Amazon: Gov. Did Not Push us to Drop Wikileaks
Computerworld reports:
IDG News Service - Amazon Web Services (AWS) kicked WikiLeaks off its servers for breaking rules designed to ensure websites use their own content and that it won't injure others, and not due to pressure from the U.S. government, Amazon said Thursday.
"AWS does not pre-screen its customers, but it does have terms of service that must be followed. WikiLeaks was not following them," Amazon said in a blog posting. "For example, our terms of service state that "you represent and warrant that you own or otherwise control all of the rights to the content… that use of the content you supply does not violate this policy and will not cause injury to any person or entity," it added.

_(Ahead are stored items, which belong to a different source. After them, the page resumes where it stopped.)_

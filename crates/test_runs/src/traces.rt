//! Whole traces, from the first line to the exit.

use crate::compare::compare_rows;
use std::test::Fail;
use test_bed::{joined, ran};

const TWO_CHECKS: &str = "<Sequence><A/><B/></Sequence>";

const TWO_CONDITIONS: &str = "fact x 1\ncondition A is x == 1\ncondition B is x < 2\ntick 1";

const TWO_CHECKS_TRACE: &str = "\
tick 1 at 0
node 1 IDLE RUNNING
call 2 start SUCCESS
node 2 IDLE SUCCESS
call 3 start SUCCESS
node 3 IDLE SUCCESS
node 2 SUCCESS IDLE
node 3 SUCCESS IDLE
node 1 RUNNING SUCCESS
root 1 SUCCESS
node 1 SUCCESS IDLE
finish 1 at 0
Done";

const NESTED_TRACE: &str = "\
tick 1 at 0
node 1 IDLE RUNNING
node 2 IDLE RUNNING
call 3 start SUCCESS
node 3 IDLE SUCCESS
node 3 SUCCESS IDLE
node 2 RUNNING SUCCESS
call 4 start SUCCESS
node 4 IDLE SUCCESS
node 2 SUCCESS IDLE
node 4 SUCCESS IDLE
node 1 RUNNING SUCCESS
root 1 SUCCESS
node 1 SUCCESS IDLE
finish 1 at 0
Done";

const THREE_CONDITIONS: &str =
    "fact x 1\ncondition A is x == 1\ncondition B is x != 1\ncondition C is x == 1\ntick 1";

const SECOND_FAILS_TRACE: &str = "\
tick 1 at 0
node 1 IDLE RUNNING
call 2 start SUCCESS
node 2 IDLE SUCCESS
call 3 start FAILURE
node 3 IDLE FAILURE
node 2 SUCCESS IDLE
node 3 FAILURE IDLE
node 1 RUNNING FAILURE
root 1 FAILURE
node 1 FAILURE IDLE
finish 1 at 0
Done";

const CHECK_THEN_ACT: &str =
    "fact x 1\ncondition A is x == 1\naction B timed 300\ntick 1\nat 299\ntick 1";

const HELD_TRACE: &str = "\
tick 1 at 0
node 1 IDLE RUNNING
call 2 start SUCCESS
node 2 IDLE SUCCESS
call 3 start RUNNING
node 3 IDLE RUNNING
root 1 RUNNING
tick 1 at 299
call 3 running RUNNING
root 1 RUNNING
";

const HALTED_TRACE: &str = "\
finish 1 at 299
node 2 SUCCESS IDLE
call 3 halted
node 3 RUNNING IDLE
node 1 RUNNING IDLE
Done";

const OVER_TRACE: &str = "\
tick 1 at 300
call 3 running SUCCESS
node 3 RUNNING SUCCESS
node 2 SUCCESS IDLE
node 3 SUCCESS IDLE
node 1 RUNNING SUCCESS
root 1 SUCCESS
node 1 SUCCESS IDLE
finish 1 at 300
Done";

const SETTING: &str =
    "fact x 1\ncondition A is x == 1\naction B timed 300\nsets x = 7\ntick 1\nat 300\ntick 1";

const SETTING_TRACE: &str = "\
tick 1 at 0
node 1 IDLE RUNNING
call 2 start SUCCESS
node 2 IDLE SUCCESS
call 3 start RUNNING
node 3 IDLE RUNNING
root 1 RUNNING
tick 1 at 300
call 3 running SUCCESS
node 3 RUNNING SUCCESS
node 2 SUCCESS IDLE
node 3 SUCCESS IDLE
node 1 RUNNING SUCCESS
root 1 SUCCESS
node 1 SUCCESS IDLE
fact x 7
finish 1 at 300
Done";

const REPLAYED: &str =
    "fact x 0\naction A replay 0 FS\ncondition B is x == 1\ntick 1\nset x 1\nat 7\nat 7\ntick 1";

const REPLAYED_TRACE: &str = "\
tick 1 at 0
node 1 IDLE RUNNING
call 2 start FAILURE
node 2 IDLE FAILURE
call 3 start FAILURE
node 3 IDLE FAILURE
node 2 FAILURE IDLE
node 3 FAILURE IDLE
node 1 RUNNING FAILURE
root 1 FAILURE
node 1 FAILURE IDLE
set x 1 at 0
fact x 1
tick 1 at 7
node 1 IDLE RUNNING
call 2 start SUCCESS
node 2 IDLE SUCCESS
node 2 SUCCESS IDLE
node 1 RUNNING SUCCESS
root 1 SUCCESS
node 1 SUCCESS IDLE
finish 1 at 7
Done";

const EFFECTS: &str = "fact x 0\nfact y 5\naction A timed 0\nsets y = -3\nsets x = 0\ntick 1";

const EFFECTS_TRACE: &str = "\
tick 1 at 0
call 1 start SUCCESS
node 1 IDLE SUCCESS
root 1 SUCCESS
node 1 SUCCESS IDLE
fact y -3
finish 1 at 0
Done";

/// Trees and worlds with their whole traces.
#[test]
fn runs_have_their_traces(rt: HostRuntime) -> Result<(), Fail> {
    let alloc = rt.alloc();
    let table: [(&str, &[&str], &[&str]); 8] = [
        (TWO_CHECKS, &[TWO_CONDITIONS], &[TWO_CHECKS_TRACE]),
        (
            "<Sequence><Sequence><A/></Sequence><B/></Sequence>",
            &[TWO_CONDITIONS],
            &[NESTED_TRACE],
        ),
        (
            "<Sequence><A/><B/><C/></Sequence>",
            &[THREE_CONDITIONS],
            &[SECOND_FAILS_TRACE],
        ),
        (
            TWO_CHECKS,
            &[CHECK_THEN_ACT, "\nat 300\ntick 1"],
            &[HELD_TRACE, OVER_TRACE],
        ),
        (TWO_CHECKS, &[CHECK_THEN_ACT], &[HELD_TRACE, HALTED_TRACE]),
        (TWO_CHECKS, &[SETTING], &[SETTING_TRACE]),
        (
            "<Fallback><A/><B/></Fallback>",
            &[REPLAYED],
            &[REPLAYED_TRACE],
        ),
        ("<A/>", &[EFFECTS], &[EFFECTS_TRACE]),
    ];
    for (nodes, lines, trace) in table {
        let want = joined(alloc, trace)?;
        assert_eq!(rt;
            ran(alloc, nodes, joined(alloc, lines)?.as_str())?,
            want,
            "{nodes}"
        );
    }
    Ok(())
}

const COUNTED: &str = "\
tick 1 at 0
node 1 IDLE RUNNING
call 2 start SUCCESS
node 2 IDLE SUCCESS
call 3 start SUCCESS
node 3 IDLE SUCCESS
call 4 start SUCCESS
node 4 IDLE SUCCESS
node 2 SUCCESS IDLE
node 3 SUCCESS IDLE
node 4 SUCCESS IDLE
node 1 RUNNING SUCCESS
root 1 SUCCESS
node 1 SUCCESS IDLE
fact n 2
finish 1 at 0
Done";

const OVERFLOW: &str = "\
tick 1 at 0
node 1 IDLE RUNNING
fault 1 2 Overflow
Fault";

const HELD_OVERFLOW: &str = "\
tick 1 at 0
call 1 start RUNNING
node 1 IDLE RUNNING
root 1 RUNNING
tick 1 at 100
fault 1 1 Overflow
quench 1 1
Fault";

/// Rows with effects that add to a fact, with the traces of their runs.
#[test]
fn effects_add(rt: HostRuntime) -> Result<(), Fail> {
    compare_rows(
        &rt,
        rt.alloc(),
        &[
            (
                "<Sequence><Inc/><Inc/><Two/></Sequence>",
                "fact n 0 / action Inc timed 0 / sets n += 1 / condition Two is n == 2 / tick 1",
                COUNTED,
            ),
            (
                "<Sequence><Inc/></Sequence>",
                "fact n 9223372036854775807 / action Inc timed 0 / sets n += 1 / tick 1",
                OVERFLOW,
            ),
            (
                "<Inc/>",
                "fact x 0 / fact n 9223372036854775807 / action Inc timed 100 / sets x = 1 / sets n += 1 / \
                tick 1 / at 100 / tick 1",
                HELD_OVERFLOW,
            ),
        ],
    )?;
    Ok(())
}

const KEPT_LENGTH: &str = "\
tick 1 at 0
call 1 start RUNNING
node 1 IDLE RUNNING
root 1 RUNNING
set x 0 at 0
fact x 0
tick 1 at 99
call 1 running RUNNING
root 1 RUNNING
set x 7 at 99
fact x 7
tick 1 at 100
call 1 running SUCCESS
node 1 RUNNING SUCCESS
root 1 SUCCESS
node 1 SUCCESS IDLE
tick 1 at 100
call 1 start RUNNING
node 1 IDLE RUNNING
root 1 RUNNING
tick 1 at 107
call 1 running SUCCESS
node 1 RUNNING SUCCESS
root 1 SUCCESS
node 1 SUCCESS IDLE
finish 1 at 107
Done";

const NO_LENGTH: &str = "\
tick 1 at 0
node 1 IDLE RUNNING
call 2 start RUNNING
node 2 IDLE RUNNING
fault 1 3 Range
quench 1 2
Fault";

/// Actions whose length is an expression: it is worked out where they begin.
#[test]
fn lengths_are_worked_out_once(rt: HostRuntime) -> Result<(), Fail> {
    compare_rows(
        &rt,
        rt.alloc(),
        &[
            (
                "<A/>",
                "fact x 100 / action A timed (x) / tick 1 / set x 0 / at 99 / tick 1 / set x 7 / at 100 / tick 1 / \
                tick 1 / at 107 / tick 1",
                KEPT_LENGTH,
            ),
            (
                "<Parallel><A/><B far=\"-1\"/></Parallel>",
                "action A timed (1) / action B(far) timed (far * 100) / tick 1",
                NO_LENGTH,
            ),
        ],
    )?;
    Ok(())
}

/// Worlds without a tick: nothing is called.
#[test]
fn runs_without_ticks_have_no_calls(rt: HostRuntime) -> Result<(), Fail> {
    compare_rows(
        &rt,
        rt.alloc(),
        &[
            ("<A/>", "condition A when 1", "finish 1 at 0\nDone"),
            ("<A/>", "action A gate 1", "finish 1 at 0\nDone"),
            ("<A/>", "action A timed 1 / fails 1", "finish 1 at 0\nDone"),
            (
                "<A/>",
                "action A(p) timed 1 / out q = p",
                "finish 1 at 0\nDone",
            ),
            (
                "<A/>",
                "action A timed 1 / at 4 / halt 1 / at 9",
                "halt 1 at 4\nfinish 1 at 4\nDone",
            ),
            (
                "<A/>",
                "runners 2 / action A timed 1",
                "finish 1 at 0\nfinish 2 at 0\nDone",
            ),
        ],
    )?;
    Ok(())
}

A day earlier, U.S. Senator Joe Lieberman said Amazon stopped hosting Wikileaks after being contacted by the U.S. Homeland Security and Governmental Affairs Committee, a committee Lieberman chairs.
Wikileaks drew controversy for the continued publication of classified U.S. documents, including videos and documents about the wars in Iraq and Afghanistan. This time the classified documents in question were sensitive cables sent from and between U.S. embassies and the U.S. State Department. The cables contain embarrassing details about the U.S.'s relationship with governments around the world. U.S. officials had complained that information in the cables could compromise government personnel, while human rights groups had written to WikiLeaks asking them to exercise caution in the release and not name human rights defenders that might then face persecution by their governments.